Director’s almanac: What gets you out of bed in the morning?
This month I’m back from the Natural Capital Project’s annual symposium. A whole crew of IonE folks make the trek to Stanford University each year to give talks, meet collaborators, host workshops, and network with ecosystem service practitioners from around the world. I did too.
At the symposium, The Nature Conservancy’s Mark Tercek reminded attendees that great science is essential to getting natural capital on the books in every country and company around the world. When we put our best science about natural capital up against other considerations (like profit and cost), it won’t sway every decision – but it will more often than not.
My part of the symposium was a panel (with leaders from Stanford, the University of Washington, TNC, and the National Oceanic and Atmospheric Administration) that addressed the role of academic scientists in real-world decision-making – something that has been on my mind a lot lately. I talked about how important it is for scientists to find common ground with the public so that we can earn and keep a space at the table of decision-making, about taking responsibility for finding solutions in our research, and about moving faster, to better match the pace of real-world decisions. All of these things are alive at IonE, and we have plans to grow and expand in each of these areas.
The IonE community has impact in the world, and in recent weeks some of our people and projects were recognized for their transformative work. We learned, for example, that this summer, IonE Associate and Fish, Wildlife and Conservation Biology prof Laura Dee will receive the Ecological Society of America’s Innovation in Sustainability Science Award – for a paper she led that asked “To What Extent Can Ecosystem Services Motivate Protecting Biodiversity?”
As the ecosystem services approach I mention above takes root, Laura and her co-authors studied its relationship with preserving biodiversity. They found that a focus on ecosystem services won’t always do a good job of conserving species diversity in an ecosystem, so that additional species will need attention. As Laura said: “The framework we developed balances the currents costs of protecting species with the future risk of losing ecosystem services. In this way, we can determine the optimal number of species to protect.”
Meanwhile, Ellen Anderson, director of IonE’s Energy Transition Lab, was named a “critical collaborator” for 2018 by Environmental Initiative. In the nomination letter we wrote for Ellen, Fresh Energy’s Michael Noble offered this perspective: “No single public sector leader has had more influence on Minnesota’s success as a clean energy leader than Ellen Anderson.” Wow.
And just a couple of weeks ago, the Intergovernmental Science-Policy Platform on Biodiversity and Ecosystem Services, also known as IPBES, released four landmark reports – years in the making – assessing the global state of biodiversity. These reports were a collaboration among 550 scholars, including IonE affiliates Jeannine Cavender-Bares (CBS), Forest Isbell (CBS), Laura Dee (CFANS), Lee Frelich (CFANS), Susan Galatowitsch (CFANS0, and Kate Brauman (IonE), among other University of Minnesota contributors. (Kate was making waves at the Natural Capital Symposium too: From the podium, Mark Tercek called out her work to put the best numbers we can on the social and ecological value of clean water.)
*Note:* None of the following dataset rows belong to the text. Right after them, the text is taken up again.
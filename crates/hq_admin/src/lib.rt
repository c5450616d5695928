//! The calls that an administrator's words make, over any shelf. A word makes one call of one
//! customer that the directory names, or a round: one call of each of its customers. The crate
//! writes each answer as it is printed.
#![tactic(auto)]

mod customer;
mod history;
mod performing;
mod printed;
mod rounds;

pub use customer::customer_in;
pub use performing::{AdminCall, perform};
pub use printed::Printed;
pub use rounds::{ToldAll, call_each};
This recognition – and other current events in the world – have me thinking about my own motivations, my reason to get out of bed each morning. Different parts of the IonE community have different reasons, but I decided recently that I get up in service to the 10 percent of biodiversity that experts think could be go extinct due to climate change in the next several decades. Ten percent is a relatively conservative estimate, and if our estimates of global biodiversity are right, it amounts to 900,000 species! (And that doesn’t count declines in ecosystem health or other change in biodiversity.)
If we are going to craft effective strategies for stemming that loss, we need to know who those species are, why they are sensitive and what corrective actions can be taken. The answers to those questions lie in smarter habitat management, new ideas like managed relocation, and building an economy that incentivizes the natural capital that houses the life on earth. Being in service to those 900,000 is not just about aesthetics and a moral duty to other creatures. It’s about sustaining the life on earth that sustains ourselves. I think that’s a good reason to put my feet on the floor each morning.
What’s your reason?
P.S. I hope you’ll join me at a Minnesota Public Radio event on the evening of April 26 in St. Paul. MPR’s Climate Cast, hosted by Paul Huttner, will host a live event called “Climate Heroes.” I’ll share the stage with Minnesota climate legend Mark Seeley and US Water Alliance’s Radhika Fox. I can’t wait.